Audio and Prompts Discussions

Flat
Automatic Segmentation of LibriVox Audio
User: kmaclean
Date: 3/2/2007 3:05 pm
Views: 23606
Rating: 44
email from David Gelbart:
 
Hi Ken,

I was wondering regarding the Google Summer of Code proposal: how are
you planning to build an automatic segmenter that can segment
transcripts as well as segmenting audio?

It seems there needs to be some kind of speech recognition involved,
in order to keep the transcript chunks synchronized with the audio
chunks.  Ivan Uemlianin talked about using human speech recognition
for this on the OSSRI list
(http://harvee.org/pipermail/ossri/2006-November/001793.html).

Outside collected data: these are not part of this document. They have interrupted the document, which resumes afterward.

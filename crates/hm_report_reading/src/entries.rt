// The entries of a history, line by line.
ghost use Rattle.std.specs.Prelude.{◌≡◌, IfOk};
ghost use Rattle.hm_report_reading.specs.Entries.{ReadsAll};

use crate::reader::LineReader;
use hm_base::{MOST_ENTRIES, NoMemory};
use hm_history::History;
use hm_script::cut_line;
use std::alloc::Global;

/// Reads lines of entries, whose positions rise from 0, up to the first other line, and gives that line and what
/// follows it. A history has no more than `MOST_ENTRIES`.
pub fn read_entries<'a>(
    alloc: Global,
    reader: &mut LineReader,
    bytes: &'a [u8],
) -> Result<(History, &'a [u8]), NoMemory>
    ensures { IfOk result (λ r. ReadsAll bytes.now r.0.entries r.1.now) }
{
    let mut history = History::new(alloc);
    let mut rest = bytes;
    while !rest.is_empty() && history.len() < MOST_ENTRIES {
        let (line, after) = cut_line(rest);
        let Some(entry) = reader.entry(alloc, line, history.len())? else {
            return Ok((history, rest));
        };
        history.reserve(1)?;
        history.push_reserved(entry);
        rest = after;
    }
    Ok((history, rest))
}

If you can run an existing recognizer in 'forced alignment' mode (in
which it is given the transcript and tries to time-align the
transcript to the audio), doing this with automatic speech recognition
might actually be fairly straightforward to do.  The HTK web site says
that HTK supports forced alignment.  I didn't check JULIUS or Sphinx
but hopefully they do as well.  I think this will be particularly easy
if the recognizer will support doing a forced alignment on the entire
audio at one; then you could simply use a script to parse the forced
alignment output and break the transcript where the forced alignment
indicates pauses.  But personally, I've only run forced alignments on
audio that was already segmented into small chunks, so I don't know
how likely it is that running a forced alignment on an hour of audio
at once will be suported.

Regards,
David

--- (Edited on 3/ 2/2007 4:05 pm [GMT-0500] by kmaclean) ---

Re: Automatic Segmentation of LibriVox Audio
User: kmaclean
Date: 3/2/2007 3:06 pm
Views: 394
Rating: 38

More from David Gelbart: 

Regarding forced alignment, I think you will find this paper of
interest:

Evaluating Factors Impacting the Accuracy of Forced Alignments...
Lei Chen, Yang Liu, Mary Harper, Eduardo Maia, Susan McRoy
http://citeseer.ist.psu.edu/724385.html

They compare forced alignment performance of HTK and ISIP. They also
mention at least one downloadable system that can be used for
alignment, the HTK-based Aligner.  I wonder if the trained models for
their WSJ-HTK or SWB-ISIP system can be downloaded too?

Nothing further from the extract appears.